Supplied records section start

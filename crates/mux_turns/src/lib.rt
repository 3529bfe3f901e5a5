//! Parts that rows of the routing table share, as code over the tables: where editors are placed, how groups end, what editors leave, and what is refused.
#![tactic(auto)]

mod answered;
mod calls;
mod carried;
mod creates;
mod doubled;
mod evicting;
mod greeting;
mod held;
mod initials;
mod leaves;
mod lists;
mod live_texts;
mod own;
mod placing;
mod refusals;
mod tokens;

pub use answered::{answered_ask, answered_number};
pub use calls::{call_registered, call_unregistered, call_unregistered_any};
pub use carried::{Carried, Carries, lives};
pub use creates::{created_mark, created_text, held_text, kind_of, offer, told_text};
pub use doubled::doubles;
pub use evicting::{end_groups, evict, replace, stage_at};
pub use greeting::{add_comma, bytes_of, folders_text, opening, quoted, shown_of};
pub use group_facts::mux_members;
pub use held::{refuse_held, refuse_ids};
pub use initials::{refuse_id, refuse_initialize};
pub use leaves::{Departure, cancel_request, depart, leaving};
pub use lists::listed_text;
pub use live_texts::{register_text, unregister_text};
pub use mux_tables;
pub use own::asks_lspmux;
pub use placing::{found, turn_away, waits, welcome};
pub use refusals::{
    asked_at, refuse, refuse_early, refuse_request, refuse_reserved, refuse_wrong, reject,
};
pub use tokens::{
    forwarded_text, is_reserved, mark_text, marked, marked_text, reserves, token_text,
};
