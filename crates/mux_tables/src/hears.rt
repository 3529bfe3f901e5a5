// What each cause about an editor, and the time, does to the tables.
ghost use Rattle.std.specs.Prelude.{◌≡◌, ◌≢◌, ◌<◌, ◌≤◌, ◌^◌, ◌++◌, ◌∷◌, [], ℕ, List, Option, Some, false, true, length, IfOk, OnOk, MatchOption, option_copied, codes, slice_get};
ghost use Rattle.editor_session.specs.declared.session.Session.{Session};
ghost use Rattle.event_model.specs.declared.phase.Phase.TheVariants.{Absent, New};
ghost use Rattle.event_model.specs.Event.{Event, heard, requests};
ghost use Rattle.event_model.specs.Phases.{desk_of, is_served};
ghost use Rattle.event_model.specs.Settings.{Settings};
ghost use Rattle.group_table.specs.Tables.{Inside, declared_text, with_groups};
ghost use Rattle.group_laws.specs.group_rows.specs.Ticks.{due_of};
ghost use Rattle.group_words.specs.Placing.{all_from, is_live};
ghost use Rattle.group_words.specs.Houses.{declared_for, emptied, groups_of, home_of, is_first_open, key_for, placed_for, places, server_asked, stops};
ghost use Rattle.mux_history.specs.declared.cause.Cause.TheVariants.{EditorGone, FromEditor, Joined, Tick};
ghost use Rattle.mux_history.specs.declared.cause.Why.{Why};
ghost use Rattle.document_model.specs.Sayings.{saying_by};
ghost use Rattle.event_model.specs.Spawns.{start_of};
ghost use Rattle.json_text.specs.Json.{Json};
ghost use Rattle.rpc_message.specs.Message.{id_bytes, message_of, notification};
ghost use Rattle.rpc_message.specs.Parsed.{IsRead};
ghost use Rattle.mux_tokens.specs.Stands.{TakesNone};
ghost use Rattle.mux_waits.specs.Stands.{Unheld};
ghost use Rattle.mux_tables.specs.Documents.{DocumentsStand, Leaves, Owed, changes_documents, nothing_owed, noticing, owes, to};
ghost use Rattle.mux_tables.specs.Stands.{AnswersNone, Stands, start_for, stays_in};
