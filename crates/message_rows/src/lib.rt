//! Tests of which body is which message, through the public calls of rpc_message.
#![tactic(auto)]

#[cfg(test)]
mod messages;
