//! S6 and S7: an editor that runs is told of registrations (LSP 3.17, Register Capability and Unregister Capability).
ghost use Rattle.std.specs.Prelude.{◌≡◌, ◌<◌, ℕ, List, None, true, length, OnOk};
ghost use Rattle.event_model.specs.Does.{Does};
ghost use Rattle.event_model.specs.Event.{Event, behind};
ghost use Rattle.event_model.specs.Phases.{desk_of, is_running};
ghost use Rattle.event_model.specs.Settings.{Settings};
ghost use Rattle.group_facts.specs.group_rows.specs.Asks.{asking_of};
ghost use Rattle.group_facts.specs.group_rows.specs.Live.{register_text, unregister_text};
ghost use Rattle.group_facts.specs.group_rows.specs.LiveRows.{call, unregister_any};
ghost use Rattle.mux_tables.specs.Documents.{AllStand, Owed};
ghost use Rattle.mux_turns.specs.Calls.{IsCall};

use crate::live_texts::{register_text, unregister_text};
use group_facts::registrations::Registration;
use message_body::Memory;
use mux_history::Outs;
use mux_tables::Tables;
use std::alloc::Global;

/// S6: an editor that runs is told of what is registered, under its next number, while one below 2^64 is left. No request is at work that
/// one editor answers. Where the answer is an error the tables stand for nothing any more.
pub fn call_registered(
    tables: &mut Tables,
    alloc: Global,
    outs: &mut Outs,
    e: u64,
    items: &[Registration],
) -> Result<(), Memory>
    requires { e < length tables.old.editors }
    ensures requests { tables.new.requests ≡ tables.old.requests }
    ensures versions { tables.new.versions ≡ tables.old.versions }
    ensures lasts { tables.new.lasts ≡ tables.old.lasts }
    ensures count { OnOk result (length tables.new.editors ≡ length tables.old.editors) }
    ensures does { (settings : Settings) (owed : Owed) (base : List Event) → IsCall (register_text items.now)
        → is_running (desk_of e (behind base outs.old)).phase ≡ true → ((s : ℕ) → (asking_of settings s (behind base outs.old)).asker ≡ None)
        → OnOk result (Does (λ k events. AllStand settings k events)
        (call (register_text items.now) e) base (tables.old, owed) outs.old (tables.new, owed) outs.new) }
{
    let Some(n) = tables.next_ask(e) else {
        return Ok(());
    };
    let text = register_text(alloc, items, n)?;
    tables.call(outs, e, text)?;
    Ok(())
}

/// S7: the same of what is taken back.
pub fn call_unregistered(
    tables: &mut Tables,
    alloc: Global,
    outs: &mut Outs,
    e: u64,
    items: &[Registration],
) -> Result<(), Memory>
    requires { e < length tables.old.editors }
    ensures requests { tables.new.requests ≡ tables.old.requests }
    ensures versions { tables.new.versions ≡ tables.old.versions }
    ensures lasts { tables.new.lasts ≡ tables.old.lasts }
    ensures count { OnOk result (length tables.new.editors ≡ length tables.old.editors) }
    ensures does { (settings : Settings) (owed : Owed) (base : List Event) → IsCall (unregister_text items.now)
        → is_running (desk_of e (behind base outs.old)).phase ≡ true → ((s : ℕ) → (asking_of settings s (behind base outs.old)).asker ≡ None)
        → OnOk result (Does (λ k events. AllStand settings k events)
        (call (unregister_text items.now) e) base (tables.old, owed) outs.old (tables.new, owed) outs.new) }
{
    let Some(n) = tables.next_ask(e) else {
        return Ok(());
    };
    let text = unregister_text(alloc, items, n)?;
    tables.call(outs, e, text)?;
    Ok(())
}

/// S6: the same of what is taken back, where there is any.
pub fn call_unregistered_any(
    tables: &mut Tables,
    alloc: Global,
    outs: &mut Outs,
    e: u64,
    items: &[Registration],
) -> Result<(), Memory>
    requires { e < length tables.old.editors }
    ensures requests { tables.new.requests ≡ tables.old.requests }
    ensures versions { tables.new.versions ≡ tables.old.versions }
    ensures lasts { tables.new.lasts ≡ tables.old.lasts }
    ensures count { OnOk result (length tables.new.editors ≡ length tables.old.editors) }
    ensures does { (settings : Settings) (owed : Owed) (base : List Event) → IsCall (unregister_text items.now)
        → is_running (desk_of e (behind base outs.old)).phase ≡ true → ((s : ℕ) → (asking_of settings s (behind base outs.old)).asker ≡ None)
        → OnOk result (Does (λ k events. AllStand settings k events)
        (unregister_any items.now e) base (tables.old, owed) outs.old (tables.new, owed) outs.new) }
{
    if items.is_empty() {
        return Ok(());
    }
    call_unregistered(tables, alloc, outs, e, items)?;
    Ok(())
}
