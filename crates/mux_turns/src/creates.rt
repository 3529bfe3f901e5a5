//! S8, S13, E11, E19 and L2: tokens that starts create, and the daemon's own in their place (LSP 3.17, Work Done Progress, Server
//! Initiated Progress).
ghost use Rattle.std.specs.Prelude.{◌≡◌, ◌<◌, ℕ, List, None, Option, Some, length, true, bytes_eq, codes, IfOk, OnOk, slice_get};
ghost use Rattle.event_model.specs.Does.{Does};
ghost use Rattle.event_model.specs.Event.{Event, behind};
ghost use Rattle.event_model.specs.Members.{named_of};
ghost use Rattle.event_model.specs.Phases.{desk_of, is_running};
ghost use Rattle.event_model.specs.Settings.{Settings};
ghost use Rattle.group_facts.specs.group_rows.specs.Asks.{asking_of};
ghost use Rattle.group_facts.specs.group_rows.specs.Created.{Token, created_text, is_begin, is_end};
ghost use Rattle.group_facts.specs.group_rows.specs.CreatedRows.{create_params, create_text, offer};
ghost use Rattle.group_facts.specs.group_rows.specs.Tokens.{marked_text};
ghost use Rattle.json_text.specs.Json.{Json};
ghost use Rattle.mux_tables.specs.declared.tables.Start.{Start};
ghost use Rattle.mux_tables.specs.Documents.{AllStand, Owed};
ghost use Rattle.mux_tables.specs.mux_tokens.specs.progress_route.specs.Tables as table;
ghost use Rattle.mux_turns.specs.Creates.{CanOffer, CreatedAt, WritesCreated, created_front};
ghost use Rattle.rpc_message.specs.Message.{message_of, notification};
ghost use Rattle.rpc_message.specs.Parsed.{IsRead};

use crate::answered::{read, writes};
use crate::tokens::marked_text;
use group_facts::mux_members::{member, string, text};
use itoa::Buffer;
use message_body::{Body, Memory};
use mux_history::Outs;
use mux_tables::Tables;
use mux_tables::mux_tokens::Kind;
use rpc_message::{Message, request};
use std::alloc::Global;

// The most bytes of a body of a cause.
const MOST: usize = 268_435_456;

// What the daemon's tokens of a start begin with.
fn created_front(alloc: Global, s: u64) -> Result<Vec<u8>, Memory>
    ensures { IfOk result (λ cs. cs.items ≡ created_front s) }
{
    let mut cs = Vec::new(alloc);
    let mut digits = Buffer::new();
    cs.extend_from_slice("lspmux:".as_bytes())?;
    cs.extend_from_slice(digits.format(s).as_bytes())?;
    cs.extend_from_slice(":".as_bytes())?;
    Ok(cs)
}

// The number of the daemon's token of a start that has these characters. `front` is what those of that start begin with.
fn created_in(front: &[u8], cs: &[u8]) -> Option<u64>
    ensures { (s : ℕ) → front.now ≡ created_front s → WritesCreated s cs.now result }
{
    let digits = cs.strip_prefix(front)?;
    let k = read(digits)?;
    if writes(digits, k) { Some(k) } else { None }
}

/// E11: the number of the daemon's token of a start that a notification names, where it names one.
pub fn created_mark(alloc: Global, message: &Message, s: u64) -> Result<Option<u64>, Memory>
    ensures { (body method : List ℕ) (params : Option Json) → IsRead message.now body → message_of body ≡ notification method params
        → IfOk result (λ k. CreatedAt s (named_of (codes "token") params) k) }
{
    let token = text(alloc, message, "token")?;
    match token {
        Some(cs) => {
            let front = created_front(alloc, s)?;
            Ok(created_in(&front, cs.bytes()))
        }
        None => Ok(None),
    }
}

/// The text of the daemon's token of a start and a number.
pub fn created_text(alloc: Global, s: u64, k: u64) -> Result<Vec<u8>, Memory>
    ensures { IfOk result (λ text. text.items ≡ created_text s k) }
{
    let mut text = Vec::new(alloc);
    let mut start = Buffer::new();
    let mut number = Buffer::new();
    text.extend_from_slice("\"lspmux:".as_bytes())?;
    text.extend_from_slice(start.format(s).as_bytes())?;
    text.extend_from_slice(":".as_bytes())?;
    text.extend_from_slice(number.format(k).as_bytes())?;
    text.extend_from_slice("\"".as_bytes())?;
    Ok(text)
}

// The params that name the daemon's token of a start and a number.
fn create_params(alloc: Global, s: u64, k: u64) -> Result<Vec<u8>, Memory>
    ensures { IfOk result (λ params. params.items ≡ create_params s k) }
{
    let token = created_text(alloc, s, k)?;
    let mut params = Vec::new(alloc);
    params.extend_from_slice("{\"token\":".as_bytes())?;
    params.extend_from_slice(&token)?;
    params.extend_from_slice("}".as_bytes())?;
    Ok(params)
}

// The request of number n by which an editor is asked to take the token of number k of a start.
fn create_text(alloc: Global, s: u64, k: u64, n: u64) -> Result<Body, Memory>
    ensures { IfOk result (λ body. body ≡ create_text s k n) }
{
    let params = create_params(alloc, s, k)?;
    request(
        alloc,
        n as u128,
        "window/workDoneProgress/create",
        Some(params.as_slice()),
    )
}

/// S8 and L2: an editor that runs is asked to take a live token of the group's last start, under its next number, while one below 2^64
/// is left. No request is at work that one editor answers. Where the answer is an error the tables stand for nothing any more.
pub fn offer(
    tables: &mut Tables,
    alloc: Global,
    outs: &mut Outs,
    g: usize,
    e: u64,
    k: u64,
) -> Result<(), Memory>
    requires group { g < length tables.old.lasts.items }
    requires editor { e < length tables.old.editors }
    ensures requests { tables.new.requests ≡ tables.old.requests }
    ensures versions { tables.new.versions ≡ tables.old.versions }
    ensures lasts { tables.new.lasts ≡ tables.old.lasts }
    ensures count { OnOk result (length tables.new.editors ≡ length tables.old.editors) }
    ensures does { (settings : Settings) (owed : Owed) (base : List Event) (x : Start) (token : Token) → slice_get tables.old.lasts.items g ≡ Some x
        → is_running (desk_of e (behind base outs.old)).phase ≡ true → ((s : ℕ) → (asking_of settings s (behind base outs.old)).asker ≡ None)
        → CanOffer settings x.life.start e k token (behind base outs.old)
        → OnOk result (Does (λ u events. AllStand settings u events)
        (offer x.life.start e token) base (tables.old, owed) outs.old (tables.new, owed) outs.new) }
{
    let Some(n) = tables.next_ask(e) else {
        return Ok(());
    };
    let text = create_text(alloc, tables.start_number(g), k, n)?;
    tables.offer(outs, g, e, k, text)?;
    Ok(())
}

// What a kind says.
fn kind_named(cs: &[u8]) -> Kind
    ensures begin { table.is_begin result ≡ bytes_eq (codes "begin") cs.now }
    ensures end { table.is_end result ≡ bytes_eq (codes "end") cs.now }
{
    if cs == "begin".as_bytes() {
        Kind::Begin
    } else if cs == "end".as_bytes() {
        Kind::End
    } else {
        Kind::Other
    }
}

/// S13: what a notification says of the progress of its token, by the `kind` of its `value`.
pub fn kind_of(alloc: Global, message: &Message) -> Result<Kind, Memory>
    ensures { (body method : List ℕ) (params : Option Json) → IsRead message.now body → message_of body ≡ notification method params
        → IfOk result (λ kind. (table.is_begin kind ≡ is_begin params) × (table.is_end kind ≡ is_end params)) }
{
    let tape = message.tape();
    let value = member(tape, message.params(), "value");
    let kind = string(alloc, tape, value, "kind")?;
    match kind {
        None => Ok(Kind::Other),
        Some(cs) => Ok(kind_named(cs.bytes())),
    }
}

/// S13: a notification of a start as editors are told it: with the daemon's token in the place of each `token` of its params.
pub fn told_text(alloc: Global, message: &Message, s: u64, k: u64) -> Result<Body, Memory>
    ensures { (body method : List ℕ) (params : Option Json) → IsRead message.now body → message_of body ≡ notification method params
        → IfOk result (λ text. text ≡ marked_text (created_text s k) body) }
{
    let token = created_text(alloc, s, k)?;
    marked_text(alloc, message, &token)
}

/// E19: the same of a body that was held. It was read as it came, so that only memory can fail.
pub fn held_text(alloc: Global, body: &Body, s: u64, k: u64) -> Result<Body, Memory>
    ensures { (method : List ℕ) (params : Option Json) → message_of body.now ≡ notification method params
        → IfOk result (λ text. text ≡ marked_text (created_text s k) body.now) }
{
    let bytes = body.bytes();
    if bytes.len() > MOST {
        return Err(Memory);
    }
    match Message::read(alloc, bytes) {
        Ok(message) => told_text(alloc, &message, s, k),
        Err(_) => Err(Memory),
    }
}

Supplied records section end

Work instruction –
Please restate the records word for word. Go from the first line to the line with "to the tables." and include both.

Answer box –
filename crates/mux_turns/src/lib.rt
repository 3529bfe3f901e5a5
//! Parts that rows of the routing table share, as code over the tables: where editors are placed, how groups end, what editors leave, and what is refused.
#![tactic(auto)]

mod answered;
mod calls;
mod carried;
mod creates;
mod doubled;
mod evicting;
mod greeting;
mod held;
mod initials;
mod leaves;
mod lists;
mod live_texts;
mod own;
mod placing;
mod refusals;
mod tokens;

pub use answered::{answered_ask, answered_number};
pub use calls::{call_registered, call_unregistered, call_unregistered_any};
pub use carried::{Carried, Carries, lives};
pub use creates::{created_mark, created_text, held_text, kind_of, offer, told_text};
pub use doubled::doubles;
pub use evicting::{end_groups, evict, replace, stage_at};
pub use greeting::{add_comma, bytes_of, folders_text, opening, quoted, shown_of};
pub use group_facts::mux_members;
pub use held::{refuse_held, refuse_ids};
pub use initials::{refuse_id, refuse_initialize};
pub use leaves::{Departure, cancel_request, depart, leaving};
pub use lists::listed_text;
pub use live_texts::{register_text, unregister_text};
pub use mux_tables;
pub use own::asks_lspmux;
pub use placing::{found, turn_away, waits, welcome};
pub use refusals::{
    asked_at, refuse, refuse_early, refuse_request, refuse_reserved, refuse_wrong, reject,
};
pub use tokens::{
    forwarded_text, is_reserved, mark_text, marked, marked_text, reserves, token_text,
};
filename crates/mux_tables/src/hears.rt
repository 3529bfe3f901e5a5
// What each cause about an editor, and the time, does to the tables.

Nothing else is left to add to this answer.